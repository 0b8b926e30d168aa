//! A crew turns the tasks of a network round by round, until it has come to rest.
ghost use Rattle.std.specs.Prelude.{◌<◌, ◌≤◌};
ghost use Rattle.flow_board.specs.Parts.{AllTasksOf};
ghost use Rattle.flow_crew.specs.Rounds.{ComeBack};

use crate::calm::{Calm, rest_between};
use flow_board::{Board, OpenGate, Task};
use flow_crew::turn_round;
use flow_value::Runs;
use std::alloc::{AllocError, Global};
use std::mem::replace;
use std::sync::Wait;
use std::thread::Threads;
use std::time::Clock;

/// The most events of a round.
const EVENTS: u64 = 1 << 32;

/// Turns the tasks on so many threads, until a round finds nothing to do and no sender and no receiver has moved either. Then the run is
/// over, and so it is where memory is out.
pub(crate) fn turn_all<W: Runs + Send + Sync, R: Threads + Wait + Clock + Sync>(
    rt: &R,
    alloc: Global,
    board: &Board<W>,
    tasks: &mut Vec<Task<W>>,
    workers: usize,
    calm: &Calm,
) -> Result<(), AllocError>
    requires workers { (0 < workers) × (workers ≤ 64) }
    requires of { AllTasksOf board.now tasks.old.items }
    ensures back { ComeBack board.now tasks.old.items tasks.new.items }
{
    let mut went = Ok(());
    let mut tries = 0;
    for _ in rt.forever() {
        let news = calm.news();
        let was_calm = calm.is_calm(news);
        match turn_once(rt, alloc, board, tasks, workers) {
            Ok(0) => {
                if was_calm && calm.news() == news {
                    break;
                }
                rest_between(rt, tries);
                tries = tries.saturating_add(1);
            }
            Ok(_) => {
                calm.moved();
                tries = 0;
            }
            Err(AllocError) => {
                went = Err(AllocError);
                break;
            }
        }
    }
    calm.end();
    went
}

/// Has a crew turn the tasks for a round, and answers how many events it did.
fn turn_once<W: Runs + Send + Sync, R: Threads + Wait + Clock + Sync>(
    rt: &R,
    alloc: Global,
    board: &Board<W>,
    tasks: &mut Vec<Task<W>>,
    workers: usize,
) -> Result<u64, AllocError>
    requires workers { (0 < workers) × (workers ≤ 64) }
    requires of { AllTasksOf board.now tasks.old.items }
    ensures back { ComeBack board.now tasks.old.items tasks.new.items }
{
    let all = replace(tasks, Vec::new(alloc));
    match turn_round(rt, alloc, board, all, workers, &OpenGate, EVENTS) {
        Ok((back, events)) => {
            *tasks = back;
            Ok(events)
        }
        Err((back, AllocError)) => {
            *tasks = back;
            Err(AllocError)
        }
    }
}
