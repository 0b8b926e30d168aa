//! What there is after a network was run open.

use crate::sender::Sender;
use flow_board::Parts;
use flow_net::Net;
use flow_value::Runs;

/// Why a run has ended.
#[derive(Clone, Copy, Debug, PartialEq, Eq)]
pub enum Ended {
    /// Nothing moved any more.
    AtRest,
    /// Memory was out.
    OutOfMemory,
    /// There were not as many senders as inputs that stay open, or not as many receivers as exits. Nothing was sent or received.
    Unmatched,
}

/// A network that was run open, and what its senders and receivers are after that.
#[derive(Drop)]
pub struct Opened<W: Runs, S, F> {
    pub net: Net<W>,
    pub ended: Ended,
    pub senders: Vec<Sender<S>>,
    pub receivers: Vec<F>,
}

/// Where there is no network after a run, or it was not run. Memory is out, and all comes back.
#[derive(Drop)]
pub enum OpenFault<W: Runs, S, F> {
    /// The network was not run.
    Net(Net<W>, Vec<Sender<S>>, Vec<F>),
    /// It was run, and these are its parts. They are all there, and `gather` may put them together later.
    Parts(Parts<W>, Vec<Sender<S>>, Vec<F>),
}
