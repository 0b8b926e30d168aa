//! A network is run open: the caller's thread sends into its inputs, another receives at its exits, and others turn its tasks.
//!
//! a value       is with                comes there
//! not given     its sender             as the caller made it
//! under way     the network            when its sender gives it
//! accepted      the network            when its block takes it
//! refused       its sender, again      when its block takes none any more, or there is no id or memory for it
//! received      its receiver           when the block at the exit gave it
//!
//! What is sent and what is received is known by contracts (`specs/Sends.antt`, `specs/Takes.antt`). When the run is over is a hint, of which
//! no contract speaks (`calm.rt`).
//!
//! Proved: with 1 to 64 workers and for every schedule the network that comes back is lawful, with its plan, and each
//! journal goes on; what a sender gave was accepted, is under way, or comes back, once each and in order; a receiver
//! was called with what came over its exit, once each and in order. Where memory is out, network or parts come back,
//! with all senders and receivers.
//! Tested: runs from two inputs into one exit, a sender that is refused, and numbers of senders that do not match, in
//! flow_turn_rows; the example on threads.
//! Neither: that a run ends, how soon, and that senders and receivers are called at all. Where no thread can be made,
//! it waits for ever.
#![tactic(auto)]

mod calm;
mod fault;
mod open;
mod receivers;
mod sender;
mod senders;
mod tasks;

pub use fault::{Ended, OpenFault, Opened};
pub use open::run_open;
pub use sender::{Sender, SenderState};
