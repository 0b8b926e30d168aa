//! All tasks go into the queue, and come out of it.
ghost use Rattle.std.specs.Prelude.{◌≡◌, ◌≤◌, [], length, reverse, ℕ};
ghost use Rattle.std.specs.Vec.{vec_capacity};
ghost use Rattle.crossbeam_queue.specs.Passes.{view, IsPassOf, ruled_capacity};
ghost use Rattle.flow_crew.specs.Numbers.{numbers, weigh};
ghost use Rattle.flow_crew.specs.Rounds.{AllIn};
ghost use Rattle.flow_crew.specs.Rules.{all_parts, hand};

use crate::item::{Item, Round};
use crate::rule::{Puts, Queue, Takes, Ticket};
use flow_board::Task;
use flow_value::Runs;
use std::sync::Wait;

/// Puts all tasks into the queue, the last first.
pub(crate) fn put_in<W: Runs, J: Round<W>, R: Wait>(
    rt: &R,
    queue: &Queue<W, J>,
    pass: &mut Ticket<W, J>,
    tasks: &mut Vec<Task<W>>,
)
    requires queue { IsPassOf queue.now pass.old × (length J.all ≤ ruled_capacity queue.now) }
    requires pass { (view pass.old).parts ≡ all_parts }
    requires holds { (view pass.old).holds ≡ reverse (numbers tasks.old.items) }
    requires in_round { AllIn J.board J.came tasks.old.items }
    ensures queue { IsPassOf queue.now pass.new }
    ensures pass { view pass.new ≡ hand all_parts [] }
    ensures tasks { (tasks.new.items ≡ []) × (vec_capacity tasks.new ≡ vec_capacity tasks.old) }
{
    while let Some(task) = tasks.pop() {
        match queue.push_as::<Puts<J>, R>(rt, pass, Item::new(task)) {
            Ok(()) => {}
            Err(_) => unreachable!(),
        }
    }
}

/// Takes all tasks out of the queue.
pub(crate) fn take_out<W: Runs, J: Round<W>, R: Wait>(
    rt: &R,
    queue: &Queue<W, J>,
    pass: &mut Ticket<W, J>,
    tasks: &mut Vec<Task<W>>,
)
    requires queue { IsPassOf queue.now pass.old }
    requires pass { view pass.old ≡ hand all_parts [] }
    requires room { (tasks.old.items ≡ []) × (length J.all ≤ vec_capacity tasks.old) }
    ensures in_round { AllIn J.board J.came tasks.new.items }
    ensures all { (h : ℕ → ℕ) → weigh h (numbers tasks.new.items) ≡ weigh h J.all }
{
    for _ in rt.forever() {
        match queue.pop_as::<Takes<J>, R>(rt, pass) {
            Some(item) => tasks.push_reserved(item.into_task()),
            None => return,
        }
    }
    unreachable!()
}
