//! How long a crew goes on before its owner looks at the events again. It is a hint, of which no contract speaks.
use std::sync::atomic::{AtomicU64, Ordering};
use std::time::{Clock, Duration, Instant};

/// How long a crew goes on: it does so many events at least, and then it goes on until so much time has passed since it began.
#[derive(Clone, Copy)]
pub struct Shift {
    pub events: u64,
    pub time: Duration,
}

/// A shift that has begun, and how many events were done in it; or none, and that has no end.
#[derive(Drop)]
pub(crate) struct Hours {
    shift: Option<Shift>,
    /// When it began, where the clock could be read.
    begun: Option<Instant>,
    done: AtomicU64,
}

impl Hours {
    pub(crate) fn begin<R: Clock>(rt: &R, shift: Option<Shift>) -> Hours {
        Hours {
            shift,
            begun: Instant::now(rt).ok(),
            done: AtomicU64::new(0),
        }
    }

    /// So many events more were done.
    pub(crate) fn count(&self, events: u64) {
        self.done.fetch_add(events, Ordering::SeqCst);
    }

    /// Whether it is over, with so many events that are not counted yet. Where the clock can't be read, the time has passed.
    pub(crate) fn is_over<R: Clock>(&self, rt: &R, more: u64) -> bool {
        let Some(shift) = self.shift else {
            return false;
        };
        if self.done.load(Ordering::SeqCst).saturating_add(more) < shift.events {
            return false;
        }
        match self.begun {
            Some(begun) => match begun.elapsed(rt) {
                Ok(time) => time >= shift.time,
                Err(_) => true,
            },
            None => true,
        }
    }
}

--------

> _TASK INSTRUCTIONS_: Using the records above, copy word for word the line with "self.done.fetch_add(events, Ordering::SeqCst);", the line with "pub(crate) fn is_over<R: Clock>(&self, rt: &R, more: u64)", and every line between them.

> _THE ANSWER_:
        self.done.fetch_add(events, Ordering::SeqCst);
    }

    /// Whether it is over, with so many events that are not counted yet. Where the clock can't be read, the time has passed.
    pub(crate) fn is_over<R: Clock>(&self, rt: &R, more: u64) -> bool {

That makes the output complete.